Loading only new table rows from JDBC sources
For JDBC loads, customers may need to load only those rows introduced into the source database table since the last load into Qlik Catalog. A new entity property, src.table.new.records.filter.column, allows a customer to specify a table column that is used to identify new rows. Qlik Catalog will automatically build a WHERE-clause and append it to the SQL SELECT statement specified in property src.file.glob.
Logically, this column should be an ever-increasing numeric ID column, found in many tables. A timestamp column like creation_ttz could be used if it was guaranteed to always increase and be unique—duplicate timestamps would be problematic.

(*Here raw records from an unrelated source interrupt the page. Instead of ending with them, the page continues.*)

//! An assertion. A call of it is cheaper to prove than the macro where it stands.
ghost use Rattle.std.specs.Prelude.{IsTrue};

use std::process::Abort;

pub(crate) fn check(rt: &impl Abort, holds: bool, what: &str)
    ensures { IsTrue holds }
{
    assert!(rt; holds, "{what}");
}
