//! Numbers as bytes, in either byte order.
ghost use Rattle.std.specs.Prelude.{◌≡◌, ◌≤◌, length};
ghost use Rattle.elem_descr.specs.Encoding.{IsNumber, size};

use elem_descr::{Order, Scalar, Width, num_read, num_write};
use std::process::Abort;

fn integer(signed: bool, width: Width, order: Order) -> Scalar
    ensures { result ≡ Scalar.Int signed width order }
{
    Scalar::Int {
        signed,
        width,
        order,
    }
}

/// The bytes mean the value, and the value is written so.
fn packs(rt: &impl Abort, scalar: &Scalar, bytes: &[u8], value: i128)
    requires number { IsNumber scalar.now }
    requires whole { length bytes.now ≡ size scalar.now }
    requires few { length bytes.now ≤ 8 }
{
    let mut room = [0xaa; 8];
    let written = &mut room[..bytes.len()];
    num_write(*scalar, value, written);
    assert!(rt; num_read(*scalar, bytes) == value, "for {value}");
    assert!(rt; &*written == bytes, "for {value}");
}

/// As Python's `struct.pack` packs them, like those of the next two tests.
#[test]
fn packed_bytes(rt: HostRuntime) {
    packs(&rt, &Scalar::Bool, &[1], 1);
    packs(&rt, &Scalar::Byte { signed: true }, &[0x80], -128);
    packs(&rt, &Scalar::Byte { signed: false }, &[0xc8], 200);
}

#[test]
fn packed_low_byte_first(rt: HostRuntime) {
    let rt = &rt;
    let little = Order::Little;
    packs(rt, &integer(true, Width::Two, little), &[0xfe, 0xff], -2);
    packs(
        rt,
        &integer(false, Width::Two, little),
        &[0xcd, 0xab],
        0xabcd,
    );
    packs(
        rt,
        &integer(true, Width::Four, little),
        &[0xef, 0xbe, 0xad, 0xde],
        -559_038_737,
    );
    packs(
        rt,
        &integer(false, Width::Four, little),
        &[0xef, 0xbe, 0xad, 0xde],
        0xdead_beef,
    );
    packs(
        rt,
        &integer(true, Width::Eight, little),
        &[0, 0, 0, 0, 0, 0, 0, 0x80],
        i128::from(i64::MIN),
    );
    packs(
        rt,
        &integer(false, Width::Eight, little),
        &[0xff; 8],
        i128::from(u64::MAX),
    );
}

#[test]
fn packed_high_byte_first(rt: HostRuntime) {
    let rt = &rt;
    let big = Order::Big;
    packs(rt, &integer(true, Width::Two, big), &[0xff, 0xfe], -2);
    packs(rt, &integer(false, Width::Two, big), &[0xab, 0xcd], 0xabcd);
    packs(
        rt,
        &integer(true, Width::Four, big),
        &[0xde, 0xad, 0xbe, 0xef],
        -559_038_737,
    );
    packs(
        rt,
        &integer(true, Width::Eight, big),
        &[0xc0, 0, 0, 0, 0, 0, 0, 1],
        -4_611_686_018_427_387_903,
    );
    packs(
        rt,
        &integer(false, Width::Eight, big),
        &[0x80, 0, 0, 0, 0, 0, 0, 5],
        0x8000_0000_0000_0005,
    );
}

/// What does not fit wraps as Python's `value % 2**16`, read back with the sign.
#[test]
fn wraps(rt: HostRuntime) {
    let scalar = &integer(true, Width::Two, Order::Big);
    for (value, wrapped) in [(40_000, -25_536), (-32_769, 32_767), (i128::MIN + 5, 5)] {
        let mut bytes = [0; 2];
        num_write(*scalar, value, &mut bytes);
        assert!(rt; num_read(*scalar, &bytes) == wrapped, "for {value}");
    }
}

#[test]
fn bools(rt: HostRuntime) {
    let mut stored = [0];
    num_write(Scalar::Bool, 256, &mut stored);
    assert!(rt; num_read(Scalar::Bool, &stored) == 1);
    assert!(rt; num_read(Scalar::Bool, &[7]) == 1);
}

Qlik Catalog uses the filter column to build a distribution database profile table query to find the maximum value of the column—once built, the query looks like:
SELECT metric_value FROM "podium_core_func"."x_water_mark_profile"

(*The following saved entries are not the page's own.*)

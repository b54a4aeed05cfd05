//! Items as NumPy's `numpy.array` makes them from literals that NumPy accepts too.
use crate::check::check;
use crate::made::command_of;
use elem_descr::Refusal::{LiteralOutOfRange, NoSuchCast};
use elem_descr::{Descr, Refusal, descr_read};
use literal_items::{can_be_item, write_item, write_items};
use script_lang::{Command, Literal, NewItems, Value};
use std::alloc::{AllocError, Global};
use std::process::Abort;

/// The bytes that a command makes, or why it is refused.
pub type Made = Result<&'static [u8], Refusal>;

/// Behind `a = array`, and what is made.
const LINES: &[(&str, Made)] = &[
    ("|S3 (1) b'abcd'", Ok(&[97, 98, 99])),
    ("|S4 (1) b'a\\x00b\\x00c'", Ok(&[97, 0, 98, 0])),
    ("|S3 (1) b'a'", Ok(&[97, 0, 0])),
    ("|S2 (1) b''", Ok(&[0, 0])),
    (
        "T{<b:x:3x<i:y:} (1) (5,-1)",
        Ok(&[5, 0, 0, 0, 255, 255, 255, 255]),
    ),
    ("T{<b:x:3x<i:y:} (1) 7", Ok(&[7, 0, 0, 0, 7, 0, 0, 0])),
    ("T{>h:x:2x?:y:3x} (1) -2", Ok(&[255, 254, 0, 0, 1, 0, 0, 0])),
    ("T{<B:x:2s:t:} (1) (255,b'xyz')", Ok(&[255, 120, 121])),
    ("|u1 (1) 255", Ok(&[255])),
    ("|u1 (1) 300", Err(LiteralOutOfRange)),
    ("|u1 (1) -1", Err(LiteralOutOfRange)),
    ("|i1 (1) -128", Ok(&[128])),
    ("|i1 (1) 128", Err(LiteralOutOfRange)),
    (">u2 (1) 258", Ok(&[1, 2])),
    (
        "<u8 (1) 18446744073709551615",
        Ok(&[255, 255, 255, 255, 255, 255, 255, 255]),
    ),
    ("<u8 (1) 18446744073709551616", Err(LiteralOutOfRange)),
    (
        "<i8 (1) -9223372036854775808",
        Ok(&[0, 0, 0, 0, 0, 0, 0, 128]),
    ),
    ("<i8 (1) 9223372036854775808", Err(LiteralOutOfRange)),
    ("? (1) 7", Ok(&[1])),
    ("? (1) -999999999999999999999999999999", Ok(&[1])),
    ("? (1) 0", Ok(&[0])),
    ("? (1) True", Ok(&[1])),
    ("<i4 (1) True", Ok(&[1, 0, 0, 0])),
    ("|i1 (1) False", Ok(&[0])),
    ("<i4 (1) b'a'", Err(NoSuchCast)),
    ("? (1) b'a'", Err(NoSuchCast)),
    ("|S2 (1) 1", Err(NoSuchCast)),
    ("|S2 (1) True", Err(NoSuchCast)),
    ("<i4 (1) (5,-1)", Err(NoSuchCast)),
    ("T{<b:x:3x<i:y:} (1) (5,6,7)", Err(NoSuchCast)),
    ("T{b:x:b:y:b:z:} (1) (5,6)", Err(NoSuchCast)),
    ("T{<B:x:2s:t:} (1) (300,1)", Err(NoSuchCast)),
    ("T{<B:x:2s:t:} (1) (300,b'a')", Err(LiteralOutOfRange)),
    ("T{<B:x:2s:t:} (1) 7", Err(NoSuchCast)),
    (
        "T{<b:x:3xT{<i:y:}:s:} (1) (1,(2))",
        Ok(&[1, 0, 0, 0, 2, 0, 0, 0]),
    ),
    ("T{<b:x:3xT{<i:y:}:s:} (1) 5", Ok(&[5, 0, 0, 0, 5, 0, 0, 0])),
    (
        "T{T{T{>h:z:}:y:2s:t:}:x:B:w:} (1) (((258),b'a'),7)",
        Ok(&[1, 2, 97, 0, 7]),
    ),
    ("T{<b:x:3xT{<i:y:}:s:} (1) (1,2)", Err(NoSuchCast)),
    ("T{<b:x:3xT{<i:y:}:s:} (1) ((1),(2))", Err(NoSuchCast)),
    ("T{<b:x:3xT{<i:y:}:s:} (1) (1,(2,3))", Err(NoSuchCast)),
    ("T{<b:x:T{<B:y:}:s:} (1) (1,(300))", Err(LiteralOutOfRange)),
    ("T{T{<B:y:}:s:2s:t:} (1) ((300),1)", Err(NoSuchCast)),
    ("|u1 (1) ((1))", Err(NoSuchCast)),
    ("|u1 (3) 3 True 255", Ok(&[3, 1, 255])),
    (">i2 (2) -2 515", Ok(&[255, 254, 2, 3])),
    ("T{<b:x:x} (2) 1 -1", Ok(&[1, 0, 255, 0])),
    ("T{T{b:y:}:s:b:x:} (2) 7 ((1),2)", Ok(&[7, 7, 1, 2])),
    ("|u1 (2) 3 -1", Err(LiteralOutOfRange)),
    ("|u1 (2) 300 b'a'", Err(NoSuchCast)),
];

/// Bytes or a refusal, as a row has them.
pub fn is_as_told(made: &Result<Vec<u8>, Refusal>, told: &Made) -> bool {
    match (made, told) {
        (Ok(bytes), Ok(told)) => bytes.as_slice() == *told,
        (Err(refusal), Err(told)) => refusal == told,
        _ => false,
    }
}

/// One literal is the same as an item and as items.
fn is_alone(
    rt: &impl Abort,
    alloc: Global,
    descr: &Descr,
    literal: &Literal,
    written: Result<(), Refusal>,
    block: &[u8],
) -> Result<(), AllocError> {
    assert!(rt; can_be_item(descr, literal) == (written != Err(Refusal::NoSuchCast)));
    let mut item = vec![in alloc; 0x55; descr.size()]?;
    assert!(rt; write_item(descr, literal, item.as_mut_slice()) == written);
    assert!(rt; written.is_err() || item.as_slice() == block);
    Ok(())
}

/// The literals as items over bytes that are not zero.
fn items(
    rt: &impl Abort,
    alloc: Global,
    descr: &Descr,
    literals: &[Literal],
) -> Result<Vec<u8>, Refusal> {
    assert!(rt; literals.len() <= 8);
    let mut block = vec![in alloc; 0xaa; literals.len() * descr.size()]?;
    let written = write_items(descr, literals, block.as_mut_slice());
    if let [literal] = literals {
        is_alone(rt, alloc, descr, literal, written, block.as_slice())?;
    }
    written?;
    Ok(block)
}

fn items_of(rt: &impl Abort, alloc: Global, command: &Command) -> Result<Vec<u8>, Refusal> {
    let Command::Bind {
        value: Value::Make {
            descr,
            items: NewItems::Array { values, .. },
        },
        ..
    } = command
    else {
        return Err(Refusal::Syntax);
    };
    let descr = descr_read(alloc, descr.as_slice())?;
    items(rt, alloc, &descr, values.as_slice())
}

/// What a row of the table makes.
fn made(rt: &impl Abort, alloc: Global, text: &str) -> Result<Vec<u8>, Refusal> {
    let command = command_of(rt, alloc, "array", text)?;
    let made = items_of(rt, alloc, &command);
    drop(command);
    made
}

#[test]
fn literals_as_bytes(rt: HostRuntime) {
    for (line, told) in LINES {
        let made = made(&rt, rt.alloc(), line);
        check(&rt, is_as_told(&made, told), line);
    }
}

WHERE field_name = 'myก:กid' AND profile_metric = 'PROFILER_MAX_OBSERVED_VALUE'
The resulting value is used to automatically append a WHERE clause to the src.file.glob value which is used to retrieve data from the source table— like in this example:
SELECT "myก:กid","textdata" FROM "podium_core"."X_WATER_MARK" WHERE "myก:กid" > 2
Each time a load is executed this process is repeated; thereby ensuring only new rows are read from the source database table. To ensure consistent load behavior, the property src.table.new.records.filter.column should be set immediately after the entity is created and no later than before the second load is run.
There are several ways to configure this feature in order to best serve your specific use case. You may want the default behavior where only the new rows are profiled and available to Qlik Sense apps.
By default, each load is placed in a new partition (where NEW is selected when initiating a load). When querying using Query in the Discover module, or when viewing Profile data, only the newly discovered records are shown and profiled. A query issued is similar to the record selection that occurs during Publish to Qlik Sense. Therefore, only the newly discovered records are available to Qlik Sense apps.
There are two other logical options:
- Query sees all records, Profile data does not: Edit the entity and change it from "Snapshot" to "Incremental" (and then perform a load to apply) – this changes how the distribution database view is built upon each load. A query issued in the Discover module will now see all the records across all the loads, as will a Qlik Sense app. However, Profile data will still only include the most recent new records.
Query and Profile data capture all loaded data: A final option is to always append new load data into one single partition (select APPEND when initiating all loads after the first). Queries issued in the Discover module, as well as Profile data, will now span all loaded data, as each batch of new rows is placed into a single pre-existing partition.